Is it normal for a some breeds or cross breeds of rabbits to have loose skin? My lop Pepper (actual breed or mix unknown because she was from the SPCA) has really loose skin. When she is running around jumping and doing binkys she also does this thing where she shakes like a dog and her skin flops back and forth like a Shar Pei or something. I got her when she was 6 months old and I have wondered if she was overweight at some point and now just has a lot of loose skin or if this is just normal for some types of rabbits. 

She is about 8 months old now and has gained 5 ounces since I got her. I just weighed her because I thought she might be losing weight, but she has actually gained. The way she acts so hungry all the time had me wondering if I was feeding her enough!

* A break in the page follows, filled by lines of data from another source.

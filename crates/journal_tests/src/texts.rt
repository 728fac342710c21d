//! Texts, and the journals that they are or their first fault.

ghost use Rattle.std.specs.List.{AllByRecursion};
ghost use Rattle.op_core.specs.declared.Event.{Event};
ghost use Rattle.op_core.specs.Replies.{Fits};

use std::alloc::Global;
use std::test::Fail;
use trace_journal::{
    Journal, JournalFault, JournalItem, JournalLimits, JournalReader, JournalRefusal, LARGEST,
    read_journal, write_journal,
};

/// The journal of a class that prints the sum of two numbers.
const SUM: &str = "jrev-trace 1
1 0 init 29 claimed
1 0 done 29 ok
1 5 print
1 1 end
end 4
";

/// The same in version 2, with an undo.
const UNDONE: &str = "jrev-trace 2
1 0 init 29 claimed
undone 1 1 0
1 0 done 29 ok
1 5 print
1 1 end
end 4
";

/// What a text comes to.
#[derive(Clone, Copy, PartialEq, Eq)]
enum Comes {
    /// A journal of this version with this many events and undos.
    Read(u8, usize, usize),
    /// A fault that this line shows.
    Line(u32),
    /// Another version.
    Version,
    /// One item or byte more than there may be, in this line.
    TooMany(u32),
}

fn fault_of(fault: JournalFault) -> Comes {
    match fault {
        JournalFault::Line(line) => Comes::Line(line),
        JournalFault::Version => Comes::Version,
        JournalFault::TooMany(line) => Comes::TooMany(line),
    }
}

fn comes_of(alloc: Global, text: &str) -> Result<Comes, Fail> {
    match read_journal(alloc, text.as_bytes()) {
        Ok(journal) => Ok(Comes::Read(journal.version, journal.events.len(), journal.undos.len())),
        Err(JournalRefusal::Fault(fault)) => Ok(fault_of(fault)),
        Err(JournalRefusal::NoMemory) => Err(Fail::from("there is no memory")),
    }
}

/// Texts, and what they come to.
const TEXTS: [(&str, Comes); 20] = [
    (SUM, Comes::Read(1, 4, 0)),
    (UNDONE, Comes::Read(2, 4, 1)),
    ("jrev-trace 1\nend 0\n", Comes::Read(1, 0, 0)),
    ("", Comes::Line(1)),
    ("jrev-trace 1", Comes::Line(1)),
    ("jrev-trace 9", Comes::Line(1)),
    ("jrev-trace 9\n", Comes::Version),
    (
        "jrev-trace 12345678901234567890123\n1 0 x\n",
        Comes::Version,
    ),
    ("jrev-trace 01\n", Comes::Line(1)),
    ("jrev-trace\n", Comes::Line(1)),
    ("jrev-trace 1 \n", Comes::Line(1)),
    ("jrev-trace 1\n", Comes::Line(2)),
    ("jrev-trace 1\n1 5 print\nend 0\n", Comes::Line(3)),
    ("jrev-trace 1\n1 5 print\nend 1", Comes::Line(3)),
    ("jrev-trace 1\n1 5 print\nend 1\nend 1\n", Comes::Line(4)),
    ("jrev-trace 1\n1 5 print\nend 1\n\n", Comes::Line(4)),
    ("jrev-trace 1\n1 5 print\nend 1\nx", Comes::Line(4)),
    ("jrev-trace 1\nundone 1 1 0\nend 0\n", Comes::Line(2)),
    ("jrev-trace 2\nundone 1 0 0\nend 0\n", Comes::Line(2)),
    ("jrev-trace 2\n1 4 print\n\nend 1\n", Comes::Line(3)),
];

#[test]
fn texts_are_read_or_have_a_first_fault(rt: HostRuntime) -> Result<(), Fail> {
    for (text, comes) in &TEXTS {
        assert!(rt; comes_of(rt.alloc(), text)? == *comes);
    }
    Ok(())
}

#[test]
fn a_journal_that_was_read_is_written_in_version_2(rt: HostRuntime) -> Result<(), Fail> {
    let Ok(journal) = read_journal(rt.alloc(), UNDONE.as_bytes()) else {
        return Err(Fail::from("the text is no journal"));
    };
    assert!(rt; journal.places.as_slice() == [2, 4, 5, 6].as_slice());
    let written = write_again(rt.alloc(), &journal)?;
    assert!(rt; written.as_str() == UNDONE);
    Ok(())
}

/// The text of a journal's events and undos.
fn write_again(alloc: Global, journal: &Journal) -> Result<String, Fail>
    requires { AllByRecursion (λ (e : Event). Fits e.op e.reply) journal.now.events }
{
    let events = journal.events.as_slice();
    if events.len() > 4_194_304 {
        return Err(Fail::from("the journal is small"));
    }
    match write_journal(alloc, events, journal.undos.as_slice()) {
        Ok(text) => Ok(text),
        Err(_) => Err(Fail::from("there is no memory")),
    }
}

/// What the reader makes of a text that comes in pieces of this many bytes.
fn in_pieces(alloc: Global, text: &str, size: usize, limits: JournalLimits) -> Result<Comes, Fail> {
    if size == 0 || limits.items > 4_194_304 {
        return Err(Fail::from("a piece has bytes"));
    }
    let mut items: Vec<JournalItem> = Vec::new(alloc);
    let mut reader = JournalReader::new(alloc, limits);
    for piece in text.as_bytes().chunks(size) {
        if reader.feed(piece, &mut items).is_err() {
            return Err(Fail::from("there is no memory"));
        }
    }
    match reader.finish() {
        Ok(version) => Ok(Comes::Read(version, items.len(), 0)),
        Err(fault) => Ok(fault_of(fault)),
    }
}

#[test]
fn pieces_of_any_length_come_to_the_same(rt: HostRuntime) -> Result<(), Fail> {
    for size in [1, 2, 3, 7, 1000] {
        assert!(rt; in_pieces(rt.alloc(), SUM, size, LARGEST)? == Comes::Read(1, 4, 0));
        assert!(rt; in_pieces(rt.alloc(), UNDONE, size, LARGEST)? == Comes::Read(2, 5, 0));
    }
    Ok(())
}

/// Limits of items and bytes, and what the journal of the sum, of 72 bytes, comes to.
const LIMITS: [(u32, u64, Comes); 6] = [
    (4, 72, Comes::Read(1, 4, 0)),
    (3, 72, Comes::TooMany(5)),
    (0, 72, Comes::TooMany(2)),
    (4, 71, Comes::TooMany(6)),
    (4, 12, Comes::TooMany(1)),
    (4, 13, Comes::TooMany(2)),
];

#[test]
fn what_is_one_too_many_is_told_with_its_line(rt: HostRuntime) -> Result<(), Fail> {
    assert!(rt; SUM.len() == 72);
    for (items, bytes, comes) in &LIMITS {
        let limits = JournalLimits {
            items: *items,
            bytes: *bytes,
        };
        assert!(rt; in_pieces(rt.alloc(), SUM, 5, limits)? == *comes);
    }
    Ok(())
}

I have been limiting her to a heaping 1/2 cup of pellets to encourage eating hay, which she doesn't like so much, and she gets about 1-1/2 cups of veggies a day.


----------



## Bville (Dec 9, 2013)

Here are some more pics of her. My avatar shows her big dewlap which makes her look fat, but overall she doesn't seem overweight to me. It's just the loose skin I am wondering about.


----------



## JBun (Dec 10, 2013)

It might be possible she just has flabby skin, if you are sure it isn't a weight issue. I have two lops and one does have a little bit of loose skin around his head area. He has some flabby neck skin and the skin around his eyes is a bit droopy. If your bun has plump bulges of skin around her legs, then it's also possible she's just a bit overweight.


----------



## Bville (Dec 10, 2013)

I don't think she has plump bulges around her legs, but I'm not totally sure what I'm looking for. She could be a little overweight. She has gained weight since I got her and I thought she just might still be growing since she 8 months old, but maybe she's just getting fatter! I was going to switch her over to adult pellets at 9 months old because that's what the food I give her says to do. Maybe that will help stabilize her weight.


----------



## Imbrium (Dec 10, 2013)

All but the giant breeds can be switched to an adult diet by around 7 months old, so you'd be fine to switch her to adult pellets at this point


----------



## Bville (Dec 11, 2013)

JBun said:


> It might be possible she just has flabby skin, if you are sure it isn't a weight issue. I have two lops and one does have a little bit of loose skin around his head area. He has some flabby neck skin and the skin around his eyes is a bit droopy. If your bun has plump bulges of skin around her legs, then it's also possible she's just a bit overweight.



JBun, you can tell me if you think my Pepper is fat. I won't be offended. I got her as a rescue in October and she was that way when I got her.


----------